I have applied the lm() to a data set. The independent variables are categorical. First, I use lm() with intercept and I got the next results:
> model <- lm(y ~ factor(x))
> summary(model)
Call:
lm(formula = y ~ factor(x))
Residuals:
Min 1Q Median 3Q Max
-5.3085 -1.8132 -0.4136 1.4323 11.2480
Coefficients:
Estimate Std.
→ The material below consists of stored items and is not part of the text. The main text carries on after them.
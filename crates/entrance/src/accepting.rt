//! Connections as they come: each becomes a session, waits for a place, or is turned away.

use crate::clients::{ClientVisit, caller_of};
use crate::clock::millis_now;
use crate::door::{Door, Heard, Pool};
use crate::events::Event;
use crate::peer::Peer;
use crate::refusing::turn_away;
use crate::registry::Registry;
use crossbeam_channel::Sender;
use refusals::Refusal;
use session_pool::{Admission, Visit};
use std::alloc::{AllocError, Global};
use std::collections::VecDeque;
use std::net::{Net, TcpStream};
use std::sync::Wait;
use std::thread;
use std::time::{Clock, Duration};

/// How many clients wait for a place at most.
pub const MAX_WAITING: usize = 64;

/// How long a client waits for a place, in milliseconds.
const WAIT_LIMIT: u64 = 5_000;

/// How long a client waits whose address has as many sessions as it may have, in milliseconds: who has closed a session and
/// comes again at once finds its own place free. One of an address waits so at a time.
const RETURN_LIMIT: u64 = 20;

/// How long it sleeps while clients wait for a place and none comes, in milliseconds.
const TURN: u64 = 2;

/// How long it sleeps where none comes at any of several addresses, in milliseconds.
const ROUND: u64 = 5;

/// How long it sleeps while it waits for the last session to end, where a connection cannot be taken, and where none comes at one
/// place at which it may not wait, in milliseconds.
const LAST_TURN: u64 = 50;

/// What may come to a halt.
pub trait Halts {
    /// Says whether changes are known to have come to a halt. It waits for nobody.
    fn takes_no_changes(&self) -> bool;
}

/// How so many connections come in at each door, so many of one client's address at a time, with what is known of those that have
/// places, what may come to a halt, and whether no more are taken then.
pub struct Entrance<'a, R, H: Drop> {
    pub rt: &'a R,
    pub alloc: Global,
    pub connections: usize,
    pub per_address: u64,
    pub registry: Registry<'a, R>,
    pub repository: H,
    pub exits_on_halt: bool,
}

impl<'a, R, H: Halts + Drop> Entrance<'a, R, H> {
    /// Says whether no more connections are to be taken, since changes have come to a halt.
    pub fn is_closing(&self) -> bool {
        self.exits_on_halt && self.repository.takes_no_changes()
    }
}

impl<'a, R, H: Drop> Drop for Entrance<'a, R, H> {
    fn drop(self) {
        let Entrance {
            rt: _,
            alloc: _,
            connections: _,
            per_address: _,
            registry: _,
            repository: _,
            exits_on_halt: _,
        } = self;
    }
}

/// A client that has come, what it has said, whether that is all that it is to say before its session begins, and until when it
/// waits for a place.
#[derive(Drop)]
struct Newcomer {
    stream: TcpStream,
    peer: Peer,
    said: Vec<u8>,
    is_heard: bool,
    until: u64,
}

/// What takes the connections of a door, and keeps those that wait for a place, in the order in which they have come.
#[derive(Drop)]
struct Acceptor<'s, 'e, R, H: Drop, D> {
    entrance: &'e Entrance<'e, R, H>,
    pool: &'s Pool<'s, R>,
    visits: &'s Sender<ClientVisit<'e, R>>,
    door: &'s D,
    queue: VecDeque<Newcomer>,
    left: usize,
}

impl<'s, 'e, R: Clock + Net + Wait, H: Halts + Drop, D: Door> Acceptor<'s, 'e, R, H, D> {
    /// Says whether one address may not have all sessions.
    fn has_limit(&self) -> bool {
        self.entrance.per_address < self.entrance.registry.sessions()
    }

    /// Says whether an address has as many sessions as it may have, where it may not have all.
    fn is_full(&self, peer: Peer) -> bool {
        let limit = self.entrance.per_address;
        peer.is_address() && self.has_limit() && self.entrance.registry.sessions_of(peer) >= limit
    }

    /// Counts the sessions of an address and its clients that wait for a place.
    fn count_of(&self, peer: Peer) -> u64 {
        let mut count = self.entrance.registry.sessions_of(peer);
        for newcomer in self.queue.iter() {
            if newcomer.peer.number() == peer.number() {
                count = u64::saturating_add(count, 1);
            }
        }
        count
    }

    /// Says how long a client of an address may wait for a place, in milliseconds; none where its address has too many.
    fn patience_for(&self, peer: Peer) -> Option<u64> {
        if !peer.is_address() || !self.has_limit() {
            return Some(WAIT_LIMIT);
        }
        let (count, limit) = (self.count_of(peer), self.entrance.per_address);
        if count < limit {
            Some(WAIT_LIMIT)
        } else if count == limit {
            Some(RETURN_LIMIT)
        } else {
            None
        }
    }

    /// Says whether a connection of an address becomes a session now. None does once changes have come to a halt, also while the
    /// session that met it is open.
    fn admit(&self, peer: Peer) -> Admission {
        if self.entrance.repository.takes_no_changes() {
            Admission::Halted
        } else if self.is_full(peer) {
            Admission::Full
        } else {
            self.pool.admit(self.entrance.rt)
        }
    }

    /// Makes the visit of a client, with the terms that its session is served by.
    fn visit_of(&self, newcomer: Newcomer, number: u64) -> Result<ClientVisit<'e, R>, AllocError> {
        let Newcomer {
            stream,
            peer,
            said,
            ..
        } = newcomer;
        let (alloc, registry) = (self.entrance.alloc, &self.entrance.registry);
        let terms = self.door.terms(self.pool, registry, said.as_slice())?;
        let caller = caller_of(alloc, registry, (stream, peer), number)?;
        Ok(Visit::new(terms, caller))
    }

    /// Says whether a client is on its way to a worker.
    fn hand_over(&self, newcomer: Newcomer, number: u64) -> bool {
        match self.visit_of(newcomer, number) {
            Ok(visit) => self.visits.send(self.entrance.rt, visit).is_ok(),
            Err(AllocError) => false,
        }
    }

    /// Makes a connection a session of this number. Where there is no memory for it, it is closed.
    fn begin(&self, newcomer: Newcomer, number: u64) {
        if self
            .entrance
            .registry
            .begins(number, newcomer.peer)
            .is_err()
        {
            self.pool.leave(self.entrance.rt);
            return;
        }
        if !self.hand_over(newcomer, number) {
            self.pool.leave(self.entrance.rt);
            self.entrance.registry.ends(number);
        }
    }

    /// Tells of a client that it is not served, and tells the client why. Where there is no memory for that the connection is closed
    /// without it.
    fn refuse(&self, stream: &TcpStream, event: Event) {
        self.entrance.registry.tell(event);
        let refusal = match event {
            Event::TurnedAway(_) => Refusal::StoreFailed,
            _ => Refusal::NotSupported,
        };
        let _ = turn_away(self.entrance.alloc, stream, refusal);
    }

    /// Turns a client away that finds no place.
    fn refuse_full(&self, newcomer: &Newcomer) {
        let event = if self.is_full(newcomer.peer) {
            Event::AddressFull(newcomer.peer)
        } else {
            Event::Full(newcomer.peer)
        };
        self.refuse(&newcomer.stream, event);
    }

    /// Hears what a client says, and says what is known of that.
    fn hear(&self, newcomer: &mut Newcomer) -> Heard {
        if newcomer.is_heard {
            return Heard::All;
        }
        let heard = self.door.hear(&newcomer.stream, &mut newcomer.said);
        newcomer.is_heard = matches!(heard, Heard::All);
        heard
    }

    /// Hears a client, makes its connection a session, or turns it away, and gives it back where it waits for a place, or has not
    /// said all. One that says what it may not say, or nothing for too long, is closed.
    fn settle(&self, newcomer: Newcomer, now: u64) -> Option<Newcomer> {
        let mut newcomer = newcomer;
        match self.hear(&mut newcomer) {
            Heard::All => self.place(newcomer, now),
            Heard::Part if now < newcomer.until => Some(newcomer),
            _ => None,
        }
    }

    /// Makes a client's connection a session, or turns it away, and gives it back where it waits for a place.
    fn place(&self, newcomer: Newcomer, now: u64) -> Option<Newcomer> {
        match self.admit(newcomer.peer) {
            Admission::Session(number) => {
                self.begin(newcomer, number);
                None
            }
            Admission::Halted => {
                self.refuse(&newcomer.stream, Event::TurnedAway(newcomer.peer));
                None
            }
            Admission::Full if now < newcomer.until => Some(newcomer),
            Admission::Full => {
                self.refuse_full(&newcomer);
                None
            }
        }
    }

    /// Lets a client wait after all others. Where too many wait it is turned away, and where there is no memory it is closed.
    fn put(&mut self, newcomer: Newcomer) {
        if self.queue.len() >= MAX_WAITING {
            self.refuse_full(&newcomer);
            return;
        }
        let _ = self.queue.push_back(newcomer);
    }

    /// Looks once at each client that waits, those first that wait longest.
    fn look(&mut self) {
        let now = millis_now(self.entrance.rt);
        let mut wanted: usize = 0;
        for _ in 0..self.queue.len() {
            let Some(newcomer) = self.queue.pop_front() else {
                break;
            };
            if let Some(newcomer) = self.settle(newcomer, now) {
                if newcomer.is_heard && !self.is_full(newcomer.peer) {
                    wanted = wanted.saturating_add(1);
                }
                self.put(newcomer);
            }
        }
        // sessions that are silent are to end too, so that the last one does
        let wanted = if self.entrance.is_closing() {
            usize::MAX
        } else {
            wanted
        };
        self.entrance.registry.want(wanted);
    }

    /// Takes a client that has come: it becomes a session, waits for a place, or is turned away.
    fn take(&mut self, stream: TcpStream, peer: Peer) {
        if self.door.prepare(&stream).is_err() {
            return;
        }
        let Some(patience) = self.patience_for(peer) else {
            self.refuse(&stream, Event::AddressFull(peer));
            return;
        };
        let now = millis_now(self.entrance.rt);
        let newcomer = Newcomer {
            stream,
            peer,
            said: Vec::new(self.entrance.alloc),
            is_heard: false,
            until: now.saturating_add(patience),
        };
        if !self.queue.is_empty() {
            self.put(newcomer);
        } else if let Some(newcomer) = self.settle(newcomer, now) {
            self.put(newcomer);
        }
    }

    /// Says whether it may wait for a connection: at one place, while no client waits and more are to be taken.
    fn may_wait(&self) -> bool {
        let is_alone = self.door.places() == 1 && self.door.may_wait();
        is_alone && self.queue.is_empty() && !self.entrance.is_closing()
    }

    /// Takes a connection that has come at each place, and says whether there was one.
    fn accept(&mut self) -> bool {
        let mut has_come = false;
        for place in 0..self.door.places() {
            has_come = self.accept_at(place) || has_come;
        }
        has_come
    }

    /// Takes a connection that has come at a place, and says whether there was one.
    fn accept_at(&mut self, place: usize) -> bool {
        if self.left == 0 {
            return false;
        }
        let Some((stream, peer)) = self.door.take(place, self.may_wait()) else {
            return false;
        };
        self.left = self.left.saturating_sub(1);
        self.take(stream, peer);
        true
    }

    /// Says whether no more connections are to be taken and nobody waits for a place. Where changes have come to a halt, that is
    /// once all sessions have ended; until then clients are turned away.
    fn is_over(&self) -> bool {
        let is_last = self.entrance.is_closing() && self.entrance.registry.is_empty();
        self.queue.is_empty() && (self.left == 0 || is_last)
    }

    /// Says how long to sleep where nobody has come, in milliseconds.
    fn turn(&self) -> u64 {
        if !self.queue.is_empty() {
            TURN
        } else if self.door.places() > 1 && !self.entrance.is_closing() {
            ROUND
        } else {
            LAST_TURN
        }
    }

    /// Takes connections until no more are to be taken and nobody waits for a place.
    fn run(&mut self) {
        for _ in self.entrance.rt.forever() {
            self.look();
            if self.is_over() {
                return;
            }
            if !self.accept() {
                thread::sleep(self.entrance.rt, Duration::from_millis(self.turn()));
            }
        }
    }
}

/// Takes the connections of a door as they come.
pub fn take_all<'e, R: Clock + Net + Wait, H: Halts + Drop, D: Door>(
    entrance: &'e Entrance<'e, R, H>,
    pool: &Pool<'_, R>,
    visits: &Sender<ClientVisit<'e, R>>,
    door: &D,
) {
    let mut acceptor = Acceptor {
        entrance,
        pool,
        visits,
        door,
        queue: VecDeque::new(entrance.alloc),
        left: entrance.connections,
    };
    acceptor.run();
}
Error t value Pr(>|t|)
(Intercept) 9.3085 0.4064 22.907 <2e-16 ***
factor(x)0.75 0.1435 0.6896 0.208 0.836
factor(x)1.5 0.9062 0.6272 1.445 0.151
factor(x)3 0.9040 0.6989 1.293 0.198
---
Signif. codes: 0 ‘***’ 0.001 ‘**’ 0.01 ‘*’ 0.05 ‘.’ 0.1 ‘ ’ 1
Residual standard error: 2.786 on 126 degrees of freedom
Multiple R-squared: 0.0238, Adjusted R-squared: 0.0005601
F-statistic: 1.024 on 3 and 126 DF, p-value: 0.3844
In the second model I don't use intercept:
> model.1 <- lm(y ~ factor(x) - 1)
> summary(model.1)
Call:
lm(formula = y ~ factor(x) - 1)
Residuals:
Min 1Q Median 3Q Max
-5.3085 -1.8132 -0.4136 1.4323 11.2480
Coefficients:
Estimate Std. Error t value Pr(>|t|)
factor(x)0.25 9.3085 0.4064 22.91 <2e-16 ***
factor(x)0.75 9.4520 0.5572 16.96 <2e-16 ***
factor(x)1.5 10.2147 0.4778 21.38 <2e-16 ***
factor(x)3 10.2125 0.5687 17.96 <2e-16 ***
---
Signif. codes: 0 ‘***’ 0.001 ‘**’ 0.01 ‘*’ 0.05 ‘.’ 0.1 ‘ ’ 1
Residual standard error: 2.786 on 126 degrees of freedom
Multiple R-squared: 0.9267, Adjusted R-squared: 0.9243
F-statistic: 398 on 4 and 126 DF, p-value: < 2.2e-16
If I don't understand the difference between the R-squared value of them? Could I accept the second one as a fit model?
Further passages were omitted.